SS: Again, you know, my memory was one - well there was lots of unhappiness but I was more along the lines of, here we are, what can we do to make this work. And I have new colleagues, they're wonderful people when you get to know them. I can remember marching over to the graduate school and volunteering to serve as a grad rep for departments in home economics. I figured I know how to get to know people - you work on committees with them. And so I was a committee rep for each of these areas and the faculty got to know me. And I got to know what their thinking was. I thought I'm just going to figure out who these people are because together we got to do stuff.

CP: Home Economics was doomed - it ceased to exist not that long after.

01:08:00

SS: They also were in that same situation. And this is the point at which Tim White, in particular, is imagining a future where home economics and the units that are in there are better placed together with what had been thought of as health and physical education. Together they can move into a new world that looks much more at health - that was a vision. And as mergers go, it was as successful as one might be. The run up to that took some time. And there was this nagging question, the tail on the dog. The nagging question was, well if we do that, what in the world happens to education? [laughs] I was like, "Oh, that's a great idea...now wait a minute, isn't there something else in there?" 01:09:00[laughs] We weren't the first thing they worried about, and so Paul Risser was the president, and Tim White was provost. They set in the motion of an educational design group, and we were so very, very fortunate.

We had this incredibly talented faculty member who I knew before he came here. He came out of this field of technical education, his name was George Copa. And just amazing talent - had been department chair at Minnesota. He'd come to OSU and joined our faculty - I actually chaired the search committee that hired him. And he headed up this design committee and engaged the larger community of people interested in education in Oregon. And really put together a plan for a new way of thinking about a future unit of education, tremendous work. I think 01:10:00the work he did was sufficiently compelling that they--the Dean, and the president, and the provost - set into motion the search for a Dean that would head this unit. And their vision was that it would be a school, as it was at the time, remain a school but headed by a Dean, so that Dean could be part of the leadership group that education would have a seat at the table. So this part of me that wanted to reintegrate myself into the faculty, return, be connected at OSU, help build education, was sufficient for me to seek that position, so that's what I did. So that's when I applied to be Dean, then eventually became 01:11:00Dean and helped move us from a school back to a college, helped create a different approach, the education double degree for parent-teachers which still thrives today, helped refurbish our building, Education Hall, and happily help bring science and math back into the college. And that's when I stepped down, in 2011/12.

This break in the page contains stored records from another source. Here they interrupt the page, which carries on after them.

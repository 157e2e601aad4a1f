//! An entry as bytes.

ghost use Rattle.std.specs.Prelude.{◌≡◌, ◌++◌, OnOk, OnErr, IsOkUnless, MatchOption, Err};
ghost use Rattle.fjall_base.specs.Limits.{item_refusal};
ghost use Rattle.fjall_journal.specs.Spelling.{item_header, spelling, refusal, HasSpelling};

use crate::entry::{Entry, MAGIC_BYTES, Tag, ValueType};
use byteorder::{ByteOrder, LittleEndian};
use fjall_base::{CompressionType, Error, Result, check_item};

fn header_of(
    value_type: ValueType,
    compression: CompressionType,
    keyspace_id: u64,
    key_len: u16,
    value_len: u32,
) -> [u8; 21]
    ensures { result ≡ item_header value_type compression keyspace_id key_len value_len }
{
    let mut header = [0u8; 21];
    header[0] = Tag::Item.into();
    header[1] = value_type.into();
    header[2] = compression as u8;
    LittleEndian::write_u64(&mut header[3..], keyspace_id);
    LittleEndian::write_u16(&mut header[11..], key_len);
    LittleEndian::write_u32(&mut header[13..], value_len);
    LittleEndian::write_u32(&mut header[17..], value_len);
    header
}

/// Adds the spelling of an item. An `Err` adds nothing.
#[tactic(auto, unfolding(crate::specs::Spelling::spelling))]
pub fn serialize_marker_item(
    out: &mut Vec<u8>,
    keyspace_id: u64,
    key: &[u8],
    value: &[u8],
    value_type: ValueType,
    compression: CompressionType,
) -> Result<()>
    ensures ok { OnOk result (out.new.items ≡ out.old.items ++ spelling (Entry.Item keyspace_id key.now value.now value_type compression)) }
    ensures fits { OnOk result (HasSpelling (Entry.Item keyspace_id key.now value.now value_type compression)) }
    ensures err { OnErr result (out.new.items ≡ out.old.items) }
    ensures refused { MatchOption (item_refusal key.now value.now) (IsOkUnless result Error.OutOfMemory) (λ e. result ≡ Err e) }
{
    check_item(key, value)?;
    let header = header_of(
        value_type,
        compression,
        keyspace_id,
        key.len() as u16,
        value.len() as u32,
    );
    out.reserve(21 + key.len() + value.len())?;
    out.extend_from_slice(&header)?;
    out.extend_from_slice(key)?;
    out.extend_from_slice(value)?;
    Ok(())
}

#[tactic(auto, unfolding(crate::specs::Spelling::spelling))]
pub(crate) fn put_start(out: &mut Vec<u8>, item_count: u32, seqno: u64) -> Result<()>
    ensures ok { OnOk result (out.new.items ≡ out.old.items ++ spelling (Entry.Start item_count seqno)) }
    ensures err { OnErr result (out.new.items ≡ out.old.items) }
    ensures only { IsOkUnless result Error.OutOfMemory }
{
    let mut bytes = [0u8; 13];
    bytes[0] = Tag::Start.into();
    LittleEndian::write_u32(&mut bytes[1..], item_count);
    LittleEndian::write_u64(&mut bytes[5..], seqno);
    out.extend_from_slice(&bytes)?;
    Ok(())
}

#[tactic(auto, unfolding(crate::specs::Spelling::spelling))]
pub(crate) fn put_end(out: &mut Vec<u8>, check: &[u8; 8]) -> Result<()>
    ensures ok { OnOk result (out.new.items ≡ out.old.items ++ spelling (Entry.End check.now)) }
    ensures fits { HasSpelling (Entry.End check.now) }
    ensures err { OnErr result (out.new.items ≡ out.old.items) }
    ensures only { IsOkUnless result Error.OutOfMemory }
{
    if out.reserve(13).is_err()
        || out.push(Tag::End.into()).is_err()
        || out.extend_from_slice(check).is_err()
        || out.extend_from_slice(&MAGIC_BYTES).is_err()
    {
        return Err(Error::OutOfMemory);
    }
    Ok(())
}

#[tactic(auto, unfolding(crate::specs::Spelling::spelling))]
pub(crate) fn put_clear(out: &mut Vec<u8>, keyspace_id: u64) -> Result<()>
    ensures ok { OnOk result (out.new.items ≡ out.old.items ++ spelling (Entry.Clear keyspace_id)) }
    ensures err { OnErr result (out.new.items ≡ out.old.items) }
    ensures only { IsOkUnless result Error.OutOfMemory }
{
    let mut bytes = [0u8; 9];
    bytes[0] = Tag::Clear.into();
    LittleEndian::write_u64(&mut bytes[1..], keyspace_id);
    out.extend_from_slice(&bytes)?;
    Ok(())
}

impl Entry {
    /// Adds the spelling of the entry. An `Err` adds nothing.
    pub fn encode_into(&self, out: &mut Vec<u8>) -> Result<()>
        ensures ok { OnOk result (out.new.items ≡ out.old.items ++ spelling self.now) }
        ensures fits { OnOk result (HasSpelling self.now) }
        ensures err { OnErr result (out.new.items ≡ out.old.items) }
        ensures refused { MatchOption (refusal self.now) (IsOkUnless result Error.OutOfMemory) (λ e. result ≡ Err e) }
    {
        match self {
            Entry::Start { item_count, seqno } => put_start(out, *item_count, *seqno),
            Entry::Item {
                keyspace_id,
                key,
                value,
                value_type,
                compression,
            } => serialize_marker_item(out, *keyspace_id, key, value, *value_type, *compression),
            Entry::End(check) => put_end(out, check),
            Entry::Clear { keyspace_id } => put_clear(out, *keyspace_id),
        }
    }
}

CP: So let's put a pin in that, we'll return to that in a second. I have a few specific things I want to ask you about that precede that moment in time chronologically. And the first is a service of appointment that you were on from '94-96, the President's Commission on Hate Crimes. This is a period of time where some pretty unpleasant things happened on the OSU campus. So I'm wondering if that was a specific reaction to that or if this was something else? Your memories of that service appointment?

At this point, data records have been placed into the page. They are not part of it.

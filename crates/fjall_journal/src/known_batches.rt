//! A second reader of a journal, which passes the checks over.

ghost use Rattle.std.specs.Prelude.{◌≡◌, ◌++◌, ◌<◌, [], List, ℕ, length, IfOk, IfSome, OnOk, OnErr, IsOkUnless};
ghost use Rattle.fjall_journal.specs.Batches.{Written, IsWritten, batch_text};
ghost use Rattle.fjall_journal.specs.Reader.{FindsBatch};

use crate::batch::{Batch, Stop};
use crate::parsing::known_batch_of;
use bytes::Bytes;
use fjall_base::{Error, Result};
use std::alloc::Global;
use std::marker::Model;

/// The batches of a text of which it is known that it is whole batches, one behind another: it was read before, and
/// their checks were taken then, which are passed over here. Keys and values are parts of the text. Of another text it
/// answers some batches or none, and ends.
#[derive(Drop)]
pub struct KnownBatches<'a> {
    alloc: Global,
    text: &'a Bytes,
    rest: &'a [u8],
}

impl<'a> Model for KnownBatches<'a> {
    ghost use Rattle.std.specs.Prelude.{List, ℕ};
    ghost use Rattle.fjall_journal.specs.Reading.{IsRestOf};

    ghost Value = { List ℕ };

    ghost view = { λ batches. batches.rest.now };

    ghost invariant = { λ batches. IsRestOf batches.text.now batches.rest.now };
}

impl<'a> KnownBatches<'a> {
    /// A reader at the beginning of the text.
    pub fn new(alloc: Global, text: &'a Bytes) -> KnownBatches<'a>
        ensures { result ≡ text.now }
    {
        KnownBatches {
            alloc,
            text,
            rest: text.as_slice(),
        }
    }

    /// The next batch, or `None` at the end. Want of memory leaves the reader as it was.
    pub fn next_batch(&mut self) -> Result<Option<Batch>>
        // A whole batch that stands at the front is answered.
        ensures known { (written : Written) (more : List ℕ) → IsWritten written → self.old ≡ batch_text written ++ more → IfOk result (λ found. FindsBatch found written) }
        // What stands behind it is left.
        ensures left { (written : Written) (more : List ℕ) → IsWritten written → self.old ≡ batch_text written ++ more → OnOk result (self.new ≡ more) }
        ensures end { self.old ≡ [] → result ≡ Ok None }
        ensures shorter { IfOk result (λ found. IfSome found (λ _. length self.new < length self.old)) }
        ensures unchanged { OnErr result (self.new ≡ self.old) }
        ensures only { IsOkUnless result Error.OutOfMemory }
    {
        if self.rest.is_empty() {
            return Ok(None);
        }
        match known_batch_of(self.alloc, self.text, self.rest) {
            Ok((batch, after)) => {
                self.rest = after;
                Ok(Some(batch))
            }
            Err(Stop::Memory) => Err(Error::OutOfMemory),
            Err(Stop::Tail(_)) => Ok(None),
        }
    }
}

SS: Yeah. So I very much wanted to be on that commission, and I wrote to John 01:12:00directly. And yes, there were some very hateful things that were happening on campus. But there's something in particular that happened to me that triggered my recognizing that responsibility in myself. So I don't know how well known this is. But in the 80s - I wish I could pinpoint the date - so it was fairly early in my career. I'm quite certain it was before I went to Japan the first time. In those days, the communication with the outside world for a faculty member happened through mail and through these little phone messages that would be left for you. The email hadn't really taken off. And so I remember picking up my mail, and I opened up the card. And the card was a birthday card for Hitler, 01:13:00and it was sent to faculty who had Jewish-appearing names. I have no idea how many other faculty got them. It was not something that was publicized very much at the time. And I can remember how I felt at the time. And so it awoke in me that responsibility to be involved whenever there was a situation where someone was hateful to any person or group based on who they were, you know. That could be by race or religion or by sexual orientation, could be anything - but to be hateful based on your membership in a group. I felt that I had a personal responsibility then to help. So yes I probably was not somebody that was thought 01:14:00of to be on that commission, but I actively lobbied to get myself on it. And yeah, that's how that happened.

CP: You mentioned the book that you wrote with Alan Robinson in passing but I think we need to talk about it in a bit of depth because this was a big deal, the book. "Corporate Creativity: How Innovation and Improvement Actually Happens," you mentioned in passing that it was translated into eleven languages. It's a suggestion of impact. Tell me more about that project.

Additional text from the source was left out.